Far Hills Planning Board Hearings to start on 134 Home proposal

June 28, 2021

FAR HILLS – A widely anticipated proposal for an “inclusionary” development of 134 townhouses and apartments off Route 202 is scheduled for its first public hearing before the Planning Board at 7 p.m. Monday, July 5.

The meeting will be held virtually via Zoom.

The proposal, sought by Pulte Homes of N.J., includes 29 income-restricted units to help the borough meet its state-mandated “Round III” affordable housing obligation through 2025.

Pulte is seeking site plan, subdivision and variance approvals to develop the 42-acre Errico Acres tract on Route 202 opposite Lake Road. It is doing so in partnership with Gladstone-based Melillo Equities.

“We anticipate that several Planning Board meetings will be needed as there is much to discuss,” said Mayor Paul Vallone.

The layout, aesthetics, sewer and water service, and lighting and traffic impacts are all expected to draw scrutiny.

A Planning Board hearing “is much like a trial with the ability to question witnesses and give opposing testimony,” Vallone noted. “As I have said in the past, residents will have every opportunity to express their views, to ask questions, and to participate in the end product of this development.”

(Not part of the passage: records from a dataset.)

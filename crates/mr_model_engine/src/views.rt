//! What statements look at in the engine: committed tables, building indexes and hidden numbers.

ghost use Rattle.std.specs.Prelude.{◌≡◌, ◌≤◌, length, IfOk};
ghost use Rattle.std.specs.List.{list_any};
ghost use Rattle.std.specs.Option.{option_copied};
ghost use Rattle.mr_types.specs.Values.{Answers, same_bytes};
ghost use Rattle.mr_spec.specs.Database.{table_of as table_found, replay as replay_of};
ghost use Rattle.mr_spec.specs.World.{has_used as used_by};
ghost use Rattle.mr_spec.specs.SchemaSteps.{table_in as table_there, used_elsewhere as used_by_others};
ghost use Rattle.mr_model_engine.specs.Worlds.{world_in};
ghost use Rattle.mr_schema.specs.Few.{FewColumns};

use crate::engine::Engine;
use crate::numbers::number_among;
use mr_base::{Blob, Memory};
use mr_model_rows::{copy_table, table_of};
use mr_spec::{Session, Table};
use mr_types::{IndexDef, Refused};
use std::alloc::Global;

/// The committed table of this name.
pub fn committed_table<'a>(engine: &'a Engine, name: &[u8]) -> Result<Option<&'a Table>, Memory>
    ensures { IfOk result (λ t. option_copied t ≡ table_found name.now (replay_of engine.now.commits)) }
{
    Ok(table_of(name, engine.tables()?))
}

/// The committed table of this name, else 1146.
#[tactic(auto, using(crate::proofs::FewTables::few_found))]
pub fn table_in(alloc: Global, engine: &Engine, name: &[u8]) -> Result<Table, Refused>
    ensures answers { Answers result (table_there (world_in engine.now) name.now) }
    ensures few { FewColumns engine.now.commits → IfOk result (λ t. length t.def.columns ≤ 255) }
{
    match committed_table(engine, name)? {
        Some(table) => Ok(copy_table(alloc, table)?),
        None => Err(Refused::Sql(1146)),
    }
}

/// The table's building index.
pub fn building_of<'a>(engine: &'a Engine, table: &[u8]) -> Option<&'a IndexDef>
    ensures { option_copied result ≡ (world_in engine.now).building table.now }
{
    for entry in engine.building.as_slice() {
        if table == entry.table.as_slice() {
            return entry.key.as_ref();
        }
    }
    None
}

/// The table's next hidden number.
pub fn number_of(engine: &Engine, table: &[u8]) -> u64
    ensures { result ≡ (world_in engine.now).numbers table.now }
{
    number_among(engine.numbers.as_slice(), table)
}

fn is_among(name: &[u8], names: &[Blob]) -> bool
    ensures { result ≡ list_any (same_bytes name.now) names.now }
{
    names.iter().any(|other| name == other.as_slice())
}

/// Whether the session's transaction has used the table.
fn has_used(name: &[u8], session: &Session) -> bool
    ensures { result ≡ used_by name.now session.now }
{
    match &session.txn {
        None => false,
        Some(txn) => is_among(name, txn.used.as_slice()),
    }
}

/// Whether another open session has used the table.
pub fn used_elsewhere(engine: &Engine, name: &[u8]) -> bool
    ensures { result ≡ used_by_others (world_in engine.now) name.now }
{
    engine
        .others
        .as_slice()
        .iter()
        .any(|session| has_used(name, session))
}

The Borough Council agreed in October 2018 to include the proposal in its affordable housing compliance plan after rejecting three other development proposals that were panned by the public.

Municipalities typically can’t afford to build affordable housing on their own so they let developers do it. State rules allow developers to build income-restricted homes and subsidize the cost by packaging them with a multitude of market-priced homes.

In December 2019, the council complied with a court-ordered deadline to rezone the Pulte site to allow multi-family housing. The rezoning ordinance set development standards for aspects like yard setbacks and building sizes.

With the borough having a 2010 U.S. Census population of only 919, the project’s scale has drawn concerns from local residents.

Two years ago, they launched a “Preserve Far Hills” Facebook page and placed lawn signs along Route 202 warning of “a major housing increase.”

“This plan may increase our population by 30-plus percent, causing traffic congestion and the need for increased infrastructure,” the group said in a 2019 post. “It will also decrease the value of our homes and increase our taxes.”

The Facebook page has been inactive recently but several residents have continued to seek updates from the council.

While the Planning Board can recommend that Pulte modify certain aspects of its proposal, such as building materials, landscape buffering or parking configurations, a denial of the project could lead a court to deem the borough in violation of its affordable housing deal.

Vallone said the state’s system of affordable housing requirements has been a largely court-ordered, “poorly managed and very expensive mandate for many, many municipalities.”

“That being said,” he added, “it is the law of the land and municipalities who have not complied and dealt with the requirements of affordable housing have been the subject of punitive actions.”

Site Details

As for the site selection, the mayor said he and the council analyzed numerous options and determined “what would be in the best interest of our borough and our residents.”

The borough has arranged to have a 200-foot-wide “scenic setback” along Route 202 that would largely obscure the sight of new housing from the highway.

In an effort to mitigate any increase in school-age children and the resulting taxes, the borough obtained an age restriction on the market-priced homes. Owners must be at least 55 years old.

The project, billed as the “Residences at Overleigh,” calls for 105 market-priced, for-sale townhouses that would be spread among a network of roads, along with 29 income-restricted rental apartments that would be in a single building.

There would be 23, two-and-a-half story townhouse buildings, each with four to five townhouses. Each townhouse would have four bedrooms, according to the application.

A variance is sought to allow each townhouse building to have a height of 38.8 feet, as opposed to the zoning ordinance maximum of 36 feet.

The 29 affordable apartments would be housed in a three-story, 42-foot-high building on a separate 2.9-acre lot facing a new road on the east side of the tract. Of the apartments, four would be age-restricted.

The apartments would include nine with one bedroom, 15 with two bedrooms and five with three bedrooms.

The project would have 479 total parking spaces. The townhouse development would have 421 consisting of garage, driveway and common visitor spaces. The apartment development would have 58 surface parking spaces.

Sewer service would be provided by an on-site, 1,800-square-foot sewer treatment building to the rear of the apartment building.

Vallone said similar concerns from the public arose some 30 years ago about the plans to build the Polo Club townhouse development, which now has 125 units, of which 25 are income-restricted, on Sunnybranch Road.

He said that “in spite of all the rancor back then, the Polo Club has been a wonderful addition to Far Hills, well managed and well maintained.”